Data items -
=======

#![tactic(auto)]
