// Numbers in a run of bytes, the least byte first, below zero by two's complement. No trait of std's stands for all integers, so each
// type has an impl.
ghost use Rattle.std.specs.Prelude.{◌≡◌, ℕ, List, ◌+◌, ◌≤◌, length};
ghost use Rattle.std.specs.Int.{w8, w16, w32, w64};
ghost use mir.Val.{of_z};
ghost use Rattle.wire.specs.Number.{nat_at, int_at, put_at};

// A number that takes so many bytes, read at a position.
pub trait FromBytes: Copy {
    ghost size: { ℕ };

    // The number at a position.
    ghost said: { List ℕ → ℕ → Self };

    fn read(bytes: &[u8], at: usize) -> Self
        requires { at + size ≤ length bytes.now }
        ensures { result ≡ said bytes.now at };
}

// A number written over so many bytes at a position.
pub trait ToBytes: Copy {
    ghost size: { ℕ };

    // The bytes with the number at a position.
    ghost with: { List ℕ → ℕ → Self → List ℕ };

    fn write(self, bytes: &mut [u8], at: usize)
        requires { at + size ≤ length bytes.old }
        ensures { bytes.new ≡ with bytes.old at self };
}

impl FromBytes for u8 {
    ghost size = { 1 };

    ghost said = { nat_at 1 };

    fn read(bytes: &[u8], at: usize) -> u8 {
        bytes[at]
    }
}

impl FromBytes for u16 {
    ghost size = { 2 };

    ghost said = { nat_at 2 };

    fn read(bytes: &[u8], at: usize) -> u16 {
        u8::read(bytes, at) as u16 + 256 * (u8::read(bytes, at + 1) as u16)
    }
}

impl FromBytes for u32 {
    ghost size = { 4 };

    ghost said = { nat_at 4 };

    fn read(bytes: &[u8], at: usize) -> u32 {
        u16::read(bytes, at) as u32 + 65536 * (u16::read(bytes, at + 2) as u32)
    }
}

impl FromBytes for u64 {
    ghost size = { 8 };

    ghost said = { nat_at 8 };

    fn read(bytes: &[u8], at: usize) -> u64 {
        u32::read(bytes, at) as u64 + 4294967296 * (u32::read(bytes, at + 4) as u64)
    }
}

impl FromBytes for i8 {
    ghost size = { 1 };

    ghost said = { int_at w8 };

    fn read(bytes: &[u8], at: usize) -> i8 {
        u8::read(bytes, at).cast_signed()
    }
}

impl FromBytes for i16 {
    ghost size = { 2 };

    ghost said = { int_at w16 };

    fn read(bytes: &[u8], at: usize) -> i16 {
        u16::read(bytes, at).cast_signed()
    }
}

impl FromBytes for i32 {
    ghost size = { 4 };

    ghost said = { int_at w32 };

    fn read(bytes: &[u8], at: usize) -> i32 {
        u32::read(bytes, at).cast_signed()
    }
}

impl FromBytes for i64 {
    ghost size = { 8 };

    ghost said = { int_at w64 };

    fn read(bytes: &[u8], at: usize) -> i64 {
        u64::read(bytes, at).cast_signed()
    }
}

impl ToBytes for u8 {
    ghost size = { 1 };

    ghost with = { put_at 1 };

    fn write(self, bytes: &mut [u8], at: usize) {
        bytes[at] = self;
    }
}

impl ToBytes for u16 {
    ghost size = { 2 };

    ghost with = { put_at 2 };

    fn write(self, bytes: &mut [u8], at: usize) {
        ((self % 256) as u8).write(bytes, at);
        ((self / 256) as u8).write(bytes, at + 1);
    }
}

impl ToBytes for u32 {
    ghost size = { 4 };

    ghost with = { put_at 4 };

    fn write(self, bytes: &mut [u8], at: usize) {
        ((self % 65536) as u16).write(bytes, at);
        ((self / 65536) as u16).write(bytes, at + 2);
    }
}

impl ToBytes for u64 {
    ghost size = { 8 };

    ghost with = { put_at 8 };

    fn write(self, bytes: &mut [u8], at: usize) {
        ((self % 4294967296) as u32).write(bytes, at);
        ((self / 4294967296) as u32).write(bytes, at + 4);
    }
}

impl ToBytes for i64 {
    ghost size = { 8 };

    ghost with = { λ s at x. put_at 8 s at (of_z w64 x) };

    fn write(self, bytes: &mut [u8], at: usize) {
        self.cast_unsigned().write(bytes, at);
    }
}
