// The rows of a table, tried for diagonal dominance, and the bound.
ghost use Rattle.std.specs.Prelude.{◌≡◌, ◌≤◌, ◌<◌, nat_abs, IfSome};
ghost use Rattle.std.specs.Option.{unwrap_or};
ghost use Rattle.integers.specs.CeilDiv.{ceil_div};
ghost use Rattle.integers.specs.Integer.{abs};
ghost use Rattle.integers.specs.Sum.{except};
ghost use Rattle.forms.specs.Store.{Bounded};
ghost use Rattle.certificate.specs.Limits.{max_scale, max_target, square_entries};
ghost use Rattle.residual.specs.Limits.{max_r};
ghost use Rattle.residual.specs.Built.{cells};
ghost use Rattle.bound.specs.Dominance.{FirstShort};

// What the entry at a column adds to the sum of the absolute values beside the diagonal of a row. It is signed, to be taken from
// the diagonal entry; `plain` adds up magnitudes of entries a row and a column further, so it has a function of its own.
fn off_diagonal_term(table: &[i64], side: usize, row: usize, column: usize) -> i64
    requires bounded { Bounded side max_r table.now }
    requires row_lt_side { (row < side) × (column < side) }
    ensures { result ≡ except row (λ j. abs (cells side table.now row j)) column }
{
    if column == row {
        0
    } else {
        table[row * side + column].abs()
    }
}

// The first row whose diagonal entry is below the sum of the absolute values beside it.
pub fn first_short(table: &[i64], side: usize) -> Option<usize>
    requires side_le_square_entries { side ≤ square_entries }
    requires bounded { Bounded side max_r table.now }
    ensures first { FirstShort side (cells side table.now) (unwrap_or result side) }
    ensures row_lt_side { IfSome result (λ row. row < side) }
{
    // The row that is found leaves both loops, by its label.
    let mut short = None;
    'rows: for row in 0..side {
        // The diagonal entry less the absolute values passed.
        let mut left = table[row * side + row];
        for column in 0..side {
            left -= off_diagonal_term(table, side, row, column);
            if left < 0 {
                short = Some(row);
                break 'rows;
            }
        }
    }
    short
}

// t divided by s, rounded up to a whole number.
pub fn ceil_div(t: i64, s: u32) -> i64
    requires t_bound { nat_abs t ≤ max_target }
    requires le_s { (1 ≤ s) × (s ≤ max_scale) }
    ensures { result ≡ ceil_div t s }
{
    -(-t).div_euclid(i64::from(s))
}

=======

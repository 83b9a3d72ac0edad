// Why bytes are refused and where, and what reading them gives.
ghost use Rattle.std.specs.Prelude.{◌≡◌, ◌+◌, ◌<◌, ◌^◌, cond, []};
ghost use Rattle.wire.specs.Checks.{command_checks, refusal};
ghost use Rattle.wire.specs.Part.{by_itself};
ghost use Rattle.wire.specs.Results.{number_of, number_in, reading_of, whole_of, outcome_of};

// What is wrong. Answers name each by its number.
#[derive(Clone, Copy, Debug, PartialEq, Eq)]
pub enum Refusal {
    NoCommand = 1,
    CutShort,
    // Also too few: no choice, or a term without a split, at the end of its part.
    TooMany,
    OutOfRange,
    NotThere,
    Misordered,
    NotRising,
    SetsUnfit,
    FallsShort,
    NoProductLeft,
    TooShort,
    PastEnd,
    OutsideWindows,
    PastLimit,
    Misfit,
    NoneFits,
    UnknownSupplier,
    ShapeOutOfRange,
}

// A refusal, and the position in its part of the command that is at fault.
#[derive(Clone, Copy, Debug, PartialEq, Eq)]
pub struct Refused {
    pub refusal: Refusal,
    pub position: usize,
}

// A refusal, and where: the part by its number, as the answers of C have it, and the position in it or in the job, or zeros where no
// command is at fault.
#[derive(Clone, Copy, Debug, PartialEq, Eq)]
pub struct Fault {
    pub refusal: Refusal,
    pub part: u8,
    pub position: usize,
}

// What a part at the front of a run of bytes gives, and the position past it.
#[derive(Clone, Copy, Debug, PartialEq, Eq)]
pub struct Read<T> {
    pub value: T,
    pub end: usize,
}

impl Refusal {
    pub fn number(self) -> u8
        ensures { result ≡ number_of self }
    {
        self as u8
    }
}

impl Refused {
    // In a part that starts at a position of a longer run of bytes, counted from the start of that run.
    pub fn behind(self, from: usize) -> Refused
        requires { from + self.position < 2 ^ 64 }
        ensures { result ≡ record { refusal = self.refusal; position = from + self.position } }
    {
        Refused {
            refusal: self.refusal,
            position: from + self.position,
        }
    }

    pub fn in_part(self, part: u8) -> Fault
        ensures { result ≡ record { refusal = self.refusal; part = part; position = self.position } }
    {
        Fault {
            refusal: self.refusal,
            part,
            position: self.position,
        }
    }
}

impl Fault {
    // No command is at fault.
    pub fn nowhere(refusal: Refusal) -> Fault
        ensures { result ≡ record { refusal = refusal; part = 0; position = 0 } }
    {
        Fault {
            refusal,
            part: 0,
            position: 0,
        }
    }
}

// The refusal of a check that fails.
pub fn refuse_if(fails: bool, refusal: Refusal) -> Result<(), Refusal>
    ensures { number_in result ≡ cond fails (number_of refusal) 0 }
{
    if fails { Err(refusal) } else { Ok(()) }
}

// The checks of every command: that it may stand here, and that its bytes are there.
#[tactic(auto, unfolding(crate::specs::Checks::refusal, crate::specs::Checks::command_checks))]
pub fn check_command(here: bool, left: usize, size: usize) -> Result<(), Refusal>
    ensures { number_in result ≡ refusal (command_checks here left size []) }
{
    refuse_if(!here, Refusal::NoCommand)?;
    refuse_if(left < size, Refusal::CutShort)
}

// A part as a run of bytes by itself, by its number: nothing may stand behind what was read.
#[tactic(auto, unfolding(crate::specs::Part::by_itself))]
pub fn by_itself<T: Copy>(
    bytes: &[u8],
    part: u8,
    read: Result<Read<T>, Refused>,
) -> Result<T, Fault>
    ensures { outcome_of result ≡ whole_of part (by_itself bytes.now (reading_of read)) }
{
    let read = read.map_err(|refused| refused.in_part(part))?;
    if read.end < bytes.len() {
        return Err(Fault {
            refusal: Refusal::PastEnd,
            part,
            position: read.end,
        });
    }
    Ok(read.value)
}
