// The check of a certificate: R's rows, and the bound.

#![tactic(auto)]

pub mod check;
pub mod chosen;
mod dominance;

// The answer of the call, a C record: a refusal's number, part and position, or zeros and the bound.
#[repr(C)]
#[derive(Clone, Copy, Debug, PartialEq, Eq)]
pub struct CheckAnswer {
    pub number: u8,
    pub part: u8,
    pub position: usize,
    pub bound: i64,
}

=======

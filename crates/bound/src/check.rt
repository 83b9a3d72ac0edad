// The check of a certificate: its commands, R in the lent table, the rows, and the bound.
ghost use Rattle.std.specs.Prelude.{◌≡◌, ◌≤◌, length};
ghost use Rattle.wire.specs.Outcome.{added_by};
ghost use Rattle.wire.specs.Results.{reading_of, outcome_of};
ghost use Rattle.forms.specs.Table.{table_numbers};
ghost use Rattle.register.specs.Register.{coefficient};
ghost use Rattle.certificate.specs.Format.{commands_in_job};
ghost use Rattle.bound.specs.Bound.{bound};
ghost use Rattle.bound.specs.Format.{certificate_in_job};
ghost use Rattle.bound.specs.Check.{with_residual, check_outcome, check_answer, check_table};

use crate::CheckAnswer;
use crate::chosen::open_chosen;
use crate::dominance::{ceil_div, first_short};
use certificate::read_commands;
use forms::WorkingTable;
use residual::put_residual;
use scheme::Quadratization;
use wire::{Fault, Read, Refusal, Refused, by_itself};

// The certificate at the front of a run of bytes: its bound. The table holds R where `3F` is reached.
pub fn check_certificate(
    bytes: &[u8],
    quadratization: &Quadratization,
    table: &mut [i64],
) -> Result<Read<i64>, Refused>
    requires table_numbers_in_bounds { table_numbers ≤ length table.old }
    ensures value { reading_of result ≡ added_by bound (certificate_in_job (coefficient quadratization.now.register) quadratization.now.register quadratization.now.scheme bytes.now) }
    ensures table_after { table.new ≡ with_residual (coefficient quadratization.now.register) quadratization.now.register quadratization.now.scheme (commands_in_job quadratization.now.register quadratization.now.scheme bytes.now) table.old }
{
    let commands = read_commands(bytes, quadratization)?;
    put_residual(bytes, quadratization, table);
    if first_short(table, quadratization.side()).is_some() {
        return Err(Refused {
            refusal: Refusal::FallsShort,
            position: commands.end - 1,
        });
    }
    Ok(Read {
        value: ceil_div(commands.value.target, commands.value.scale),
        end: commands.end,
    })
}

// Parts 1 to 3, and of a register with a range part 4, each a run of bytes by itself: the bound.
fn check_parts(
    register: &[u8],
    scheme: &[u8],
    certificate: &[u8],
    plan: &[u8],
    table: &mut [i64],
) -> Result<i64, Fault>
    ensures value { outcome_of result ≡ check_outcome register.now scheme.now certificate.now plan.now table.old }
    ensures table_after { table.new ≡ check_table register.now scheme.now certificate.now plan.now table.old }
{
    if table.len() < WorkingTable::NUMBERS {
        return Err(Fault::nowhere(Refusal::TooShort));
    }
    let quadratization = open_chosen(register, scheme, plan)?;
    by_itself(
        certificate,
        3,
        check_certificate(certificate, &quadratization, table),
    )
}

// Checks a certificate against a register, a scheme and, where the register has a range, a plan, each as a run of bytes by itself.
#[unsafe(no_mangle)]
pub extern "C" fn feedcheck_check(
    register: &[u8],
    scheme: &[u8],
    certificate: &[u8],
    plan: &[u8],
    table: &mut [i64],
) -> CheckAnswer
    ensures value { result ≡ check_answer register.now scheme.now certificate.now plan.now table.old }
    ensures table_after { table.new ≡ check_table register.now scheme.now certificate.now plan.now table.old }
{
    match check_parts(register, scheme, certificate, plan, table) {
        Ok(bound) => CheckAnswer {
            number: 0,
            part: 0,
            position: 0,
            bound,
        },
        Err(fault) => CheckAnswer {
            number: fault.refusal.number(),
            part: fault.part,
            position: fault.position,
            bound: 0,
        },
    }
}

=======

The answer should be only the number of lines in the data that contain the string "wire".

FINAL ANSWER -
7